The lowest nominal amount of share capital is 200,000.00 HRK, and the investment itself can be done in cash, things and rights, and the issued share cannot be less than 10.00 HRK. The maximum amount of share capital has not been determined.
3. Limited liability company
An LTD is a commercial trading company in which members invest into shares of a previously arranged share capital, based on which they obtain membership rights within the company, embodied in the business shares. The LTD has a legal personality different than its own members, and is the bearer of its own rights and obligations, for which it answers with its entire assets, while the members only carry a business risk in the amount they had previously invested in. The members of the company can be domestic or foreign, legal or natural persons, and it can be established even by a single person. If the members or founders of the company are foreigners, they have to be issued the appropriate PIN from the tax authorities, in order to be properly registered within the system.
The basic act of the LTD are the Articles of Incorporation, on the condition it was established by more than two founders. On the other hand, if the LTD is founded by a single founder, then the Articles of Incorporation are replaced by a Statement on Incorporation from the founder on the founding of the company. All the founders have to sign a the aforementioned deeds in form of a notary public act, or a private document attested by a notary public. This kind of a company can only be founded simultaneously, that is, by performing legally prescribed actions as follows:
- a statement from the founder that they will take on business shares, as well as the obligation that they will pay the prescribed investment amount for them,
- a statement on the establishment of the company,
- drafting and finalizing the Articles of Incorporation (or Statement on Incorporation),
- appointing the first board of directors
- appointing a board of directors (if prescribed by law, or the founders agree to it),
- appointing an auditor if needed,
- writing a report on the founding of the company, and performing an audit of the founding (if needed),
- applying for registration into the court registry.
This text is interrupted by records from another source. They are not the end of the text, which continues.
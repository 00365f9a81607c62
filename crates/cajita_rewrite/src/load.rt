//! The program of a module (ES3 14). Each function fails with `Memory` where memory is wanting.

ghost use Rattle.std.specs.Prelude.{◌≡◌, ◌+◌, ◌∷◌, [], true, IfOk, OnOk};
ghost use Rattle.es3_tree.specs.Tree as tree;
ghost use Rattle.es3_tree.specs.View.{stmt, of_stmts};
ghost use Rattle.cajita_tree.specs.Tree as source;
ghost use Rattle.cajita_tree.specs.View as view;
ghost use Rattle.cajita_rewrite.specs.Rewrite.{import_stmts, joined, load_stmt, result_name, result_stmts, head_items, rewritten, temps};

use crate::bodies::{add_marks, add_names};
use crate::expressions::rewrite_expr;
use crate::functions::rewrite_functions;
use crate::statements::rewrite_stmt;
use caja_units::{Memory, Units};
use cajita_tree::{CStmt, Module};
use es3_tree::{
    Expr, Func, Stmt, VarItem, boxed, make_assign, make_function, make_return, make_var,
};
use rewrite_parts::heads::{add_temporaries, declaration};
use rewrite_parts::names::{
    IMPORTS, NOWHERE, RESULT, RUNTIME, copied_name, own_name, own_variable, runtime_call,
};
use rewrite_parts::temporaries::Temporaries;
use std::alloc::Global;

// What the module imports by the name, under that name.
fn import(alloc: Global, name: &Units) -> Result<Stmt, Memory>
    ensures { IfOk result (λ s. tree.more_stmts (stmt s) tree.no_stmts ≡ import_stmts (name.now ∷ []) tree.no_stmts) }
{
    let key = Expr::Text(name.copy(alloc)?);
    let value = runtime_call(alloc, "readImport", [own_variable(alloc, IMPORTS)?, key])?;
    declaration(alloc, copied_name(alloc, name)?, Some(value))
}

// Puts a statement for each import behind those that are there.
fn add_imports(alloc: Global, out: &mut Vec<Stmt>, imports: &[Units]) -> Result<(), Memory>
    ensures { OnOk result (of_stmts out.new.items ≡ joined (of_stmts out.old.items) (import_stmts imports.now tree.no_stmts)) }
{
    for name in imports {
        out.push(import(alloc, name)?)?;
    }
    Ok(())
}

// The statement as it is rewritten directly in the module: the value of an expression is the module's result so far.
#[tactic(auto, unfolding(crate::specs::Rewrite::rewritten), using(cajita_tree::proofs::Rows::views))]
fn rewrite_direct(
    alloc: Global,
    temporaries: &mut Temporaries,
    statement: &CStmt,
) -> Result<Stmt, Memory>
    ensures form { IfOk result (λ s. stmt s ≡ rewritten true source.stmt temporaries.old.taken (view.stmt statement.now)) }
    ensures count { OnOk result (temporaries.new.taken ≡ temporaries.old.taken + temps source.stmt (view.stmt statement.now)) }
{
    match statement {
        CStmt::Expr(e) => {
            let value = boxed(alloc, rewrite_expr(alloc, temporaries, e)?)?;
            let result = boxed(alloc, own_variable(alloc, RESULT)?)?;
            Ok(Stmt::Expr(make_assign(None, result, value)))
        }
        _ => rewrite_stmt(alloc, temporaries, statement),
    }
}

// The statements that stand directly in the module.
#[tactic(auto, unfolding(crate::specs::Rewrite::rewritten))]
fn rewrite_list(
    alloc: Global,
    temporaries: &mut Temporaries,
    list: &[CStmt],
) -> Result<Vec<Stmt>, Memory>
    ensures form { IfOk result (λ v. of_stmts v.items ≡ rewritten true source.stmts temporaries.old.taken (view.of_stmts list.now)) }
    ensures count { OnOk result (temporaries.new.taken ≡ temporaries.old.taken + temps source.stmts (view.of_stmts list.now)) }
{
    let mut done = Vec::new(alloc);
    for statement in list {
        done.push(rewrite_direct(alloc, temporaries, statement)?)?;
    }
    Ok(done)
}

/// What the function of the module does: it declares the result, its temporaries and the variables of its loops, then the imports and its
/// functions, does the module's statements, and returns the result.
#[tactic(auto, unfolding(crate::specs::Rewrite::rewritten))]
pub(crate) fn module_body(alloc: Global, m: &Module) -> Result<Vec<Stmt>, Memory>
    ensures { IfOk result (λ v.
        of_stmts v.items
        ≡ tree.more_stmts (tree.var (tree.more_items result_name tree.no_expr (head_items (view.body m.now.body))))
        (import_stmts m.now.imports.items (joined (rewritten true source.body 0 (view.body m.now.body)) result_stmts))) }
{
    let mut temporaries = Temporaries::none();
    let mut list = rewrite_list(alloc, &mut temporaries, &m.body.list)?;
    let result = VarItem {
        name: own_name(alloc, RESULT)?,
        value: None,
    };
    let mut variables = Vec::from_array(alloc, [result])?;
    add_temporaries(alloc, &mut variables, temporaries.taken)?;
    add_names(alloc, &mut variables, &m.body.vars, &m.body.list)?;
    let mut statements = Vec::from_array(alloc, [make_var(variables)])?;
    add_imports(alloc, &mut statements, &m.imports)?;
    statements.append(&mut rewrite_functions(alloc, &m.body.funcs)?)?;
    add_marks(alloc, &mut statements, &m.body.funcs)?;
    statements.append(&mut list)?;
    let result = own_variable(alloc, RESULT)?;
    statements.push(make_return(Some(result), NOWHERE))?;
    Ok(statements)
}

/// The statement that loads a module whose function does this.
pub(crate) fn load_module(alloc: Global, body: Vec<Stmt>) -> Result<Stmt, Memory>
    ensures { IfOk result (λ s. stmt s ≡ load_stmt (of_stmts body.items)) }
{
    let params = Vec::from_array(
        alloc,
        [own_name(alloc, RUNTIME)?, own_name(alloc, IMPORTS)?],
    )?;
    let function = Func {
        name: None,
        params,
        body,
        at: NOWHERE,
    };
    let function = make_function(boxed(alloc, function)?);
    Ok(Stmt::Expr(runtime_call(alloc, "loadModule", [function])?))
}
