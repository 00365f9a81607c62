//! What a name stands for (ES3 10.1.4, 11.1.2).

ghost use Rattle.std.specs.Prelude.{◌≡◌, IfOk, is_some, slice_get};
ghost use Rattle.es3_language.specs.Store.{name_value, scope_at};
ghost use Rattle.es3_language.specs.References as r;
ghost use Rattle.es3_moves.specs.Where.{plain_chain, plain_ref};
ghost use Rattle.es3_moves.specs.Texts.{store_of, plain_scopes};
ghost use Rattle.es3_references.specs.Owners.{Beyond, beyond, plain_beyond};

use caja_units::{Memory, Units};
use es3_heap::{Heap, ObjId};
use es3_moves::frame::{Chain, Ref};
use es3_moves::texts::{Owner, Texts};
use std::rc::Rc;

/// Where a name may be found that isn't among the names of a scope.
#[derive(Clone, Copy)]
pub enum Elsewhere {
    /// The scope is an activation, which has the name `arguments` at least.
    Activation,
    /// The object of a `with`.
    Object(ObjId),
    Nowhere,
}

/// What the scope of a number has beside its names.
fn beyond_names(c: u32, texts: &Texts) -> Elsewhere
    ensures { plain_beyond result ≡ beyond (slice_get (plain_scopes texts.now) c) }
{
    let at = c as usize;
    if at >= texts.scopes.len() {
        return Elsewhere::Nowhere;
    }
    let scope = &texts.scopes[at];
    match &scope.owner {
        Owner::Activation(_, _, _) => Elsewhere::Activation,
        Owner::WithObject(o) => Elsewhere::Object(*o),
        Owner::OwnName => Elsewhere::Nowhere,
        Owner::Caught => Elsewhere::Nowhere,
    }
}

/// Whether the names of the scope of a number have a name.
fn has_name(c: u32, name: &Units, texts: &Texts) -> bool
    ensures { result ≡ is_some (name_value name.now (scope_at (slice_get (plain_scopes texts.now) c))) }
{
    texts.get(c, name).is_some()
}

/// A name, where no scope has it.
fn global_name(name: &Rc<Units>, h: &Heap, texts: &Texts) -> Result<Ref, Memory>
    ensures { IfOk result (λ x. plain_ref x ≡ r.global_name (store_of h.now texts.now) name.now.value) }
{
    let copy = name.clone()?;
    if h.has(texts.globals, name) {
        Ok(Ref::Named(texts.globals, copy))
    } else {
        Ok(Ref::Unresolved(copy))
    }
}

/// Where a name other than `arguments` is found along a chain.
#[tactic(auto, using(crate::proofs::Beyond::in_with_elsewhere))]
fn resolve(chain: &Chain, name: &Rc<Units>, h: &Heap, texts: &Texts) -> Result<Ref, Memory>
    ensures { IfOk result (λ x. plain_ref x ≡ r.resolve (plain_chain chain.now) (store_of h.now texts.now) name.now.value) }
{
    match chain {
        Chain::End => global_name(name, h, texts),
        Chain::In(c, outer) => {
            if has_name(*c, name, texts) {
                let name = name.clone()?;
                return Ok(Ref::Slot(*c, name));
            }
            if let Elsewhere::Object(o) = beyond_names(*c, texts) {
                if h.has(o, name) {
                    let name = name.clone()?;
                    return Ok(Ref::InObject(o, name));
                }
            }
            resolve(outer, name, h, texts)
        }
    }
}

/// Where the name `arguments` is found along a chain: each activation has it (ES3 10.1.8).
#[tactic(auto, using(crate::proofs::Beyond::arguments_at_elsewhere))]
fn resolve_arguments(chain: &Chain, h: &Heap, texts: &Texts) -> Result<Ref, Memory>
    ensures { IfOk result (λ x. plain_ref x ≡ r.resolve_arguments (plain_chain chain.now) (store_of h.now texts.now)) }
{
    match chain {
        Chain::End => global_name(&texts.arguments, h, texts),
        Chain::In(c, outer) => {
            if has_name(*c, &texts.arguments, texts) {
                let name = texts.arguments.clone()?;
                return Ok(Ref::Slot(*c, name));
            }
            match beyond_names(*c, texts) {
                Elsewhere::Activation => Ok(Ref::OwnArguments(*c)),
                Elsewhere::Object(o) => {
                    if h.has(o, &texts.arguments) {
                        let name = texts.arguments.clone()?;
                        return Ok(Ref::InObject(o, name));
                    }
                    resolve_arguments(outer, h, texts)
                }
                Elsewhere::Nowhere => resolve_arguments(outer, h, texts),
            }
        }
    }
}

/// What a name stands for where a chain of scopes is around it.
///
/// # Errors
///
/// `Memory` where memory is wanting.
pub fn reference(chain: &Chain, name: &Rc<Units>, h: &Heap, texts: &Texts) -> Result<Ref, Memory>
    ensures { IfOk result (λ x. plain_ref x ≡ r.reference (plain_chain chain.now) (store_of h.now texts.now) name.now.value) }
{
    if name.same(&texts.arguments) {
        resolve_arguments(chain, h, texts)
    } else {
        resolve(chain, name, h, texts)
    }
}
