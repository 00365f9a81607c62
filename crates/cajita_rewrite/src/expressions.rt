//! Rewritten expressions (ES3 11). The temporaries of a form come before those of its parts, and the parts are rewritten in the order of
//! the source. Each function fails with `Memory` where memory is wanting.

ghost use Rattle.std.specs.Prelude.{◌≡◌, ◌+◌, false, IfOk, OnOk, if◌then◌else◌};
ghost use Rattle.es3_tree.specs.View as made;
ghost use Rattle.cajita_tree.specs.Tree as tree;
ghost use Rattle.cajita_tree.specs.View as source;
ghost use Rattle.cajita_rewrite.specs.Rewrite.{rewritten, temps};
ghost use Rattle.cajita_rewrite.specs.Members.{guarded_binary};

use crate::functions::rewrite_function;
use crate::members::{hold_target, rewrite_key, rewrite_target};
use caja_units::{Memory, Units};
use cajita_tree::CExpr;
use es3_tree::{
    BinOp, Expr, boxed, make_and, make_array, make_binary, make_call, make_cond, make_function,
    make_or, make_unary,
};
use rewrite_parts::names::{ARGUMENTS, NOWHERE, copied_variable, own_variable, runtime_call};
use rewrite_parts::temporaries::{Temporaries, then};
use std::alloc::Global;

/// The expression as it is rewritten.
#[cycle(forms)]
#[tactic(auto, unfolding(crate::specs::Rewrite::rewritten), using(cajita_tree::proofs::Rows::views))]
pub(crate) fn rewrite_expr(
    alloc: Global,
    temporaries: &mut Temporaries,
    e: &CExpr,
) -> Result<Expr, Memory>
    ensures form { IfOk result (λ x. made.expr x ≡ rewritten false tree.expr temporaries.old.taken (source.expr e.now)) }
    ensures count { OnOk result (temporaries.new.taken ≡ temporaries.old.taken + temps tree.expr (source.expr e.now)) }
{
    match e {
        CExpr::Null => Ok(Expr::Null),
        CExpr::Bool(value) => Ok(Expr::Bool(*value)),
        CExpr::Num(number) => Ok(Expr::Num(*number)),
        CExpr::Text(text) => Ok(Expr::Text(text.copy(alloc)?)),
        CExpr::Name(name) => copied_variable(alloc, name),
        CExpr::Args => own_variable(alloc, ARGUMENTS),
        CExpr::Array(elements) => {
            let elements = rewrite_exprs(alloc, temporaries, elements)?;
            runtime_call(alloc, "initializeArray", [make_array(elements)])
        }
        CExpr::Record(fields) => {
            let pairs = rewrite_fields(alloc, temporaries, fields)?;
            runtime_call(alloc, "initializeMap", [make_array(pairs)])
        }
        CExpr::Func(function) => {
            let function = boxed(alloc, rewrite_function(alloc, function)?)?;
            runtime_call(alloc, "func", [make_function(function)])
        }
        CExpr::Read(object, key) => {
            let object = rewrite_expr(alloc, temporaries, object)?;
            let key = rewrite_key(alloc, temporaries, key)?;
            runtime_call(alloc, "readPub", [object, key])
        }
        CExpr::Call(callee, arguments) => {
            let callee = rewrite_expr(alloc, temporaries, callee)?;
            let arguments = rewrite_exprs(alloc, temporaries, arguments)?;
            let callee = runtime_call(alloc, "asSimpleFunc", [callee])?;
            Ok(make_call(boxed(alloc, callee)?, arguments))
        }
        CExpr::Method(object, key, arguments) => {
            let object = rewrite_expr(alloc, temporaries, object)?;
            let key = rewrite_key(alloc, temporaries, key)?;
            let arguments = rewrite_exprs(alloc, temporaries, arguments)?;
            runtime_call(alloc, "callPub", [object, key, make_array(arguments)])
        }
        CExpr::New(constructor, arguments) => {
            let constructor = rewrite_expr(alloc, temporaries, constructor)?;
            let arguments = rewrite_exprs(alloc, temporaries, arguments)?;
            runtime_call(alloc, "construct", [constructor, make_array(arguments)])
        }
        CExpr::Delete(object, key) => {
            let object = rewrite_expr(alloc, temporaries, object)?;
            let key = rewrite_key(alloc, temporaries, key)?;
            runtime_call(alloc, "deletePub", [object, key])
        }
        _ => rewrite_change(alloc, temporaries, e),
    }
}

// `++`, `--`, an assignment, or an operator with its operands (ES3 11.3, 11.4, 11.13).
#[cycle(forms)]
#[tactic(auto, unfolding(crate::specs::Rewrite::rewritten), using(cajita_tree::proofs::Rows::views))]
fn rewrite_change(alloc: Global, temporaries: &mut Temporaries, e: &CExpr) -> Result<Expr, Memory>
    ensures form { IfOk result (λ x. made.expr x ≡ rewritten false tree.expr temporaries.old.taken (source.expr e.now)) }
    ensures count { OnOk result (temporaries.new.taken ≡ temporaries.old.taken + temps tree.expr (source.expr e.now)) }
{
    match e {
        CExpr::Step(up, before, target) => {
            let place = hold_target(alloc, temporaries, old_values(*before), target)?;
            place.step(alloc, *up, *before)
        }
        CExpr::Assign(op, target, value) => match op {
            None => {
                let place = rewrite_target(alloc, temporaries, target)?;
                let value = rewrite_expr(alloc, temporaries, value)?;
                place.assign(alloc, value)
            }
            Some(op) => {
                let place = hold_target(alloc, temporaries, 0, target)?;
                let operand = rewrite_expr(alloc, temporaries, value)?;
                place.compound(alloc, *op, operand)
            }
        },
        CExpr::Unary(op, operand) => {
            let operand = boxed(alloc, rewrite_expr(alloc, temporaries, operand)?)?;
            Ok(make_unary(*op, operand, NOWHERE))
        }
        _ => rewrite_infix(alloc, temporaries, e),
    }
}

// An operator between two operands (ES3 11.5 to 11.10, 11.14).
#[cycle(forms)]
#[tactic(auto, unfolding(crate::specs::Rewrite::rewritten), using(cajita_tree::proofs::Rows::views))]
fn rewrite_infix(alloc: Global, temporaries: &mut Temporaries, e: &CExpr) -> Result<Expr, Memory>
    ensures form { IfOk result (λ x. made.expr x ≡ rewritten false tree.expr temporaries.old.taken (source.expr e.now)) }
    ensures count { OnOk result (temporaries.new.taken ≡ temporaries.old.taken + temps tree.expr (source.expr e.now)) }
{
    match e {
        CExpr::Binary(op, left, right) => {
            let left = rewrite_expr(alloc, temporaries, left)?;
            let right = rewrite_expr(alloc, temporaries, right)?;
            binary(alloc, *op, left, right)
        }
        CExpr::Comma(left, right) => {
            let left = rewrite_expr(alloc, temporaries, left)?;
            let right = rewrite_expr(alloc, temporaries, right)?;
            then(alloc, left, right)
        }
        _ => rewrite_choice(alloc, temporaries, e),
    }
}

// `&&`, `||`, and `?` with `:` (ES3 11.11, 11.12); no other expression is given here.
#[cycle(forms)]
#[tactic(auto, unfolding(crate::specs::Rewrite::rewritten), using(cajita_tree::proofs::Rows::views))]
fn rewrite_choice(alloc: Global, temporaries: &mut Temporaries, e: &CExpr) -> Result<Expr, Memory>
    ensures form { IfOk result (λ x. made.expr x ≡ rewritten false tree.expr temporaries.old.taken (source.expr e.now)) }
    ensures count { OnOk result (temporaries.new.taken ≡ temporaries.old.taken + temps tree.expr (source.expr e.now)) }
{
    match e {
        CExpr::And(left, right) => {
            let left = boxed(alloc, rewrite_expr(alloc, temporaries, left)?)?;
            let right = boxed(alloc, rewrite_expr(alloc, temporaries, right)?)?;
            Ok(make_and(left, right))
        }
        CExpr::Or(left, right) => {
            let left = boxed(alloc, rewrite_expr(alloc, temporaries, left)?)?;
            let right = boxed(alloc, rewrite_expr(alloc, temporaries, right)?)?;
            Ok(make_or(left, right))
        }
        CExpr::Cond(test, yes, no) => {
            let test = boxed(alloc, rewrite_expr(alloc, temporaries, test)?)?;
            let yes = boxed(alloc, rewrite_expr(alloc, temporaries, yes)?)?;
            let no = boxed(alloc, rewrite_expr(alloc, temporaries, no)?)?;
            Ok(make_cond(test, yes, no))
        }
        _ => Err(Memory),
    }
}

// How many temporaries hold the old value for `++` or `--` (ES3 11.3): one where it stands behind.
fn old_values(before: bool) -> u32
    ensures { result ≡ (if before then 0 else 1) }
{
    u32::from(!before)
}

// The operator between its operands: `in` and `instanceof` are asked of the runtime (ES3 11.8.6, 11.8.7).
fn binary(alloc: Global, op: BinOp, left: Expr, right: Expr) -> Result<Expr, Memory>
    ensures { IfOk result (λ x. made.expr x ≡ guarded_binary op (made.expr left) (made.expr right)) }
{
    match op {
        BinOp::InObject => runtime_call(alloc, "inPub", [left, right]),
        BinOp::InstanceOf => runtime_call(alloc, "instanceOf", [left, right]),
        _ => {
            let left = boxed(alloc, left)?;
            Ok(make_binary(op, left, boxed(alloc, right)?))
        }
    }
}

/// The expressions of a list.
#[cycle(forms)]
#[tactic(auto, unfolding(crate::specs::Rewrite::rewritten))]
pub(crate) fn rewrite_exprs(
    alloc: Global,
    temporaries: &mut Temporaries,
    list: &[CExpr],
) -> Result<Vec<Expr>, Memory>
    ensures form { IfOk result (λ v. made.of_exprs v.items ≡ rewritten false tree.exprs temporaries.old.taken (source.of_exprs list.now)) }
    ensures count { OnOk result (temporaries.new.taken ≡ temporaries.old.taken + temps tree.exprs (source.of_exprs list.now)) }
{
    let mut done = Vec::new(alloc);
    for e in list {
        done.push(rewrite_expr(alloc, temporaries, e)?)?;
    }
    Ok(done)
}

// The keys of a record and their values, in turn (ES3 11.1.5).
#[cycle(forms)]
#[tactic(auto, unfolding(crate::specs::Rewrite::rewritten))]
fn rewrite_fields(
    alloc: Global,
    temporaries: &mut Temporaries,
    fields: &[(Units, CExpr)],
) -> Result<Vec<Expr>, Memory>
    ensures form { IfOk result (λ v. made.of_exprs v.items ≡ rewritten false tree.fields temporaries.old.taken (source.of_fields fields.now)) }
    ensures count { OnOk result (temporaries.new.taken ≡ temporaries.old.taken + temps tree.fields (source.of_fields fields.now)) }
{
    let mut pairs = Vec::new(alloc);
    for (key, value) in fields {
        pairs.push(Expr::Text(key.copy(alloc)?))?;
        pairs.push(rewrite_expr(alloc, temporaries, value)?)?;
    }
    Ok(pairs)
}

/// The expression, if there is one.
#[cycle(forms)]
#[tactic(auto, unfolding(crate::specs::Rewrite::rewritten))]
pub(crate) fn rewrite_maybe(
    alloc: Global,
    temporaries: &mut Temporaries,
    e: &Option<CExpr>,
) -> Result<Option<Expr>, Memory>
    ensures form { IfOk result (λ x. made.of_maybe_expr x ≡ rewritten false tree.maybe_expr temporaries.old.taken (source.of_maybe_expr e.now)) }
    ensures count { OnOk result (temporaries.new.taken ≡ temporaries.old.taken + temps tree.maybe_expr (source.of_maybe_expr e.now)) }
{
    match e {
        Some(e) => Ok(Some(rewrite_expr(alloc, temporaries, e)?)),
        None => Ok(None),
    }
}
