//! Keys, and what is written to (ES3 8.7, 11.2.1, 11.3, 11.4.4, 11.4.5, 11.13). Each function fails with `Memory` where memory is wanting.

ghost use Rattle.std.specs.Prelude.{◌≡◌, ◌+◌, ◌<◌, false, IfOk, OnOk};
ghost use Rattle.es3_tree.specs.View as made;
ghost use Rattle.cajita_tree.specs.Tree as tree;
ghost use Rattle.cajita_tree.specs.View as source;
ghost use Rattle.rewrite_parts.specs.Held.{place_form, held_form};
ghost use Rattle.cajita_rewrite.specs.Rewrite.{rewritten, temps, of_target};
ghost use Rattle.cajita_rewrite.specs.Members.{place_of, held_of};

use crate::expressions::rewrite_expr;
use caja_units::Memory;
use cajita_tree::{Key, Target};
use es3_tree::Expr;
use rewrite_parts::held::{Held, HeldKey, HeldPlace, Place};
use rewrite_parts::names::{copied_name, runtime_call};
use rewrite_parts::temporaries::{Temporaries, set_temporary, then};
use std::alloc::Global;

/// The key as an expression.
#[cycle(forms)]
#[tactic(auto, unfolding(crate::specs::Rewrite::rewritten))]
pub(crate) fn rewrite_key(
    alloc: Global,
    temporaries: &mut Temporaries,
    key: &Key,
) -> Result<Expr, Memory>
    ensures form { IfOk result (λ x. made.expr x ≡ rewritten false tree.key temporaries.old.taken (source.key key.now)) }
    ensures count { OnOk result (temporaries.new.taken ≡ temporaries.old.taken + temps tree.key (source.key key.now)) }
{
    match key {
        Key::Fixed(key) => Ok(Expr::Text(key.copy(alloc)?)),
        Key::Computed(key) => rewrite_expr(alloc, temporaries, key),
    }
}

/// What a plain assignment writes to, or a loop over keys.
#[cycle(forms)]
pub(crate) fn rewrite_target(
    alloc: Global,
    temporaries: &mut Temporaries,
    target: &Target,
) -> Result<Place, Memory>
    ensures form { IfOk result (λ p. place_form p ≡ place_of temporaries.old.taken (source.target target.now)) }
    ensures count { OnOk result (temporaries.new.taken ≡ temporaries.old.taken + temps tree.target (source.target target.now)) }
{
    match target {
        Target::Var(name) => Ok(Place::Variable(copied_name(alloc, name)?)),
        Target::Member(object, key) => {
            let object = rewrite_expr(alloc, temporaries, object)?;
            let key = rewrite_key(alloc, temporaries, key)?;
            Ok(Place::Member(object, key))
        }
    }
}

/// What is read and written to: a member is held in temporaries, and behind them so many more are taken.
#[cycle(forms)]
pub(crate) fn hold_target(
    alloc: Global,
    temporaries: &mut Temporaries,
    more: u32,
    target: &Target,
) -> Result<HeldPlace, Memory>
    requires { more < 2 }
    ensures form { IfOk result (λ p. held_form p ≡ held_of temporaries.old.taken more (source.target target.now)) }
    ensures count { OnOk result (temporaries.new.taken
        ≡ temporaries.old.taken + (of_target (1 + more) (source.target target.now) + temps tree.target (source.target target.now))) }
{
    match target {
        Target::Var(name) => Ok(HeldPlace::Variable(copied_name(alloc, name)?)),
        Target::Member(object, Key::Fixed(key)) => {
            let first = temporaries.take(1 + more)?;
            let object = rewrite_expr(alloc, temporaries, object)?;
            Ok(HeldPlace::Member(Held {
                holding: set_temporary(alloc, first, object)?,
                object: first,
                key: HeldKey::Fixed(key.copy(alloc)?),
                next: first + 1,
            }))
        }
        Target::Member(object, Key::Computed(key)) => {
            let first = temporaries.take(2 + more)?;
            let object = rewrite_expr(alloc, temporaries, object)?;
            let object = set_temporary(alloc, first, object)?;
            let key = rewrite_expr(alloc, temporaries, key)?;
            let key = runtime_call(alloc, "key", [key])?;
            let key = set_temporary(alloc, first + 1, key)?;
            Ok(HeldPlace::Member(Held {
                holding: then(alloc, object, key)?,
                object: first,
                key: HeldKey::Temporary(first + 1),
                next: first + 2,
            }))
        }
    }
}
The LTD is officially established after it is entered into the court registry, and stops existing upon its deletion from the court registry. The application for registration into the court registry along with legally prescribed attachments is done by all board members and the president of the supervisory or board or directors, if the company has one. The competence of the court in whose court registry the company is being entered is determined according to the company headquarters. In Istria (namely the Cities of Pula, Rovinj, Poreč, Umag, Novigrad, Pazin) the competent Commercial Court is in the City of Pazin, which is the formal administrative centre of the County.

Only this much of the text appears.